3.6. All content must be approved in writing by GROWBYSHARE and/or COREBYTE before publication. Approval may be provided via email, WhatsApp, or similar electronic communication tools.
The SERVICE PROVIDER accepts full responsibility for any content published without approval.
3.7. Any legal or financial issues arising from content produced by the SERVICE PROVIDER shall be the responsibility of the SERVICE PROVIDER if caused by their fault.
3.8. The SERVICE PROVIDER shall not negotiate fees or share information regarding the work with third parties introduced by the agency.
3.9. The SERVICE PROVIDER agrees not to produce content that violates laws, ethics, public order, or brand reputation.
Article 4 – FEES AND TAX OBLIGATIONS
4.1. Service fees and tax conditions shall be determined based on Article 2.2 agreements.
If the SERVICE PROVIDER can issue an invoice, it will be issued according to applicable laws.
If not, a 15% withholding tax may be applied unless otherwise agreed.
4.2. The SERVICE PROVIDER is responsible for their own tax obligations.
Article 5 – PAYMENT TERMS
5.1. Payments will be made to the IBAN specified by the SERVICE PROVIDER.
5.2. GROWBYSHARE reserves the right to suspend or reclaim payments in case of breach.
Article 6 – TERM AND TERMINATION
6.1. The agreement remains valid unless terminated by either party.
6.2. In case of breach, a 15-day correction period shall be given.
6.3. GROWBYSHARE may terminate the agreement with 7 days’ notice.
6.4. The SERVICE PROVIDER cannot terminate without valid force majeure reasons.
Article 7 – CONFIDENTIALITY
7.1. Parties agree to keep all confidential information private.
7.4. Confidentiality obligations continue for 2 years, and indefinitely for trade secrets.
Article 8 – NOTIFICATIONS
All notices shall be made to the addresses specified in this agreement.

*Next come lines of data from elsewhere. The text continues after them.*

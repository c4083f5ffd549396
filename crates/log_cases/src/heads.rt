//! Cases of logs that are written, from the start of a file and behind a head.
use case_tables::{Sheet, Tried};
use proof_log::{Claim, LogWriter};
use proof_tree::{Item, NodeTaker, TakeStop};
use row_relax::Rows;
use std::alloc::Global;
use stn_edge::{MemShelf, Stop};

/// `nodes COUNT CALL BYTES`: writes a log of so many node lines to a store whose call CALL is to fail after so many bytes, where
/// it is not 0: how that ends, and the file.
pub fn nodes(alloc: Global, sheet: &mut Sheet) -> Tried {
    let count = sheet.number();
    let call = sheet.number();
    let bytes = sheet.number();
    let mut shelf = MemShelf::new(alloc);
    if call > 0 {
        shelf.fail_call(call, bytes)?;
    }
    let ended = write_nodes(alloc, &mut shelf, count);
    put_ended(ended, &shelf, sheet);
    Ok(())
}

/// `head`, over a head: writes a log of one empty node behind it, and prints the file.
pub fn head(alloc: Global, sheet: &mut Sheet) {
    let mut shelf = MemShelf::new(alloc);
    let ended = write_behind(alloc, &mut shelf, sheet.bytes());
    put_ended(ended, &shelf, sheet);
}

// How the writing ended, and the log or its length where it is long.
fn put_ended(ended: Result<(), Stop>, shelf: &MemShelf, sheet: &mut Sheet) {
    match ended {
        Ok(()) => sheet.line("done"),
        Err(Stop::Failed) => sheet.line("failed"),
        Err(Stop::Memory) => sheet.lacks_memory(),
    }
    match shelf.file("log") {
        Some(bytes) => sheet.put_file(bytes),
        None => sheet.line("no file"),
    }
}

fn write(writer: &mut LogWriter, shelf: &mut MemShelf, item: &Item<Rows>) -> Result<(), Stop> {
    match writer.put(shelf, item) {
        Ok(()) => Ok(()),
        Err(TakeStop::Failed) => Err(Stop::Failed),
        Err(TakeStop::Memory) => Err(Stop::Memory),
    }
}

fn write_nodes(alloc: Global, shelf: &mut MemShelf, count: u32) -> Result<(), Stop> {
    let mut writer = LogWriter::begin(alloc, shelf, "log")?;
    for _ in 0..count {
        write(&mut writer, shelf, &Item::Node)?;
    }
    writer.finish(shelf, &Claim::Infeasible)
}

fn write_behind(alloc: Global, shelf: &mut MemShelf, head: &[u8]) -> Result<(), Stop> {
    let mut writer = LogWriter::begin_with(alloc, shelf, "log", head)?;
    write(&mut writer, shelf, &Item::Node)?;
    write(&mut writer, shelf, &Item::Empty)?;
    writer.finish(shelf, &Claim::Infeasible)
}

Article 9 – VALIDITY OF ELECTRONIC RECORDS
Email, WhatsApp, and other electronic records are considered valid evidence.
Article 10 – NON-ASSIGNMENT
Rights and obligations cannot be transferred without written consent.
Article 11 – ADDITIONAL PROVISIONS
11.1. Force majeure may delay services.
11.2. Content may be used for reporting, references, and promotion without additional payment.
11.3. Updates to the agreement are accepted upon notification.
11.4. Termination must be notified via email.
Article 12 – JURISDICTION
Izmir Bayraklı Courts and Enforcement Offices shall have jurisdiction.
This agreement has been digitally executed on 2026-05-01.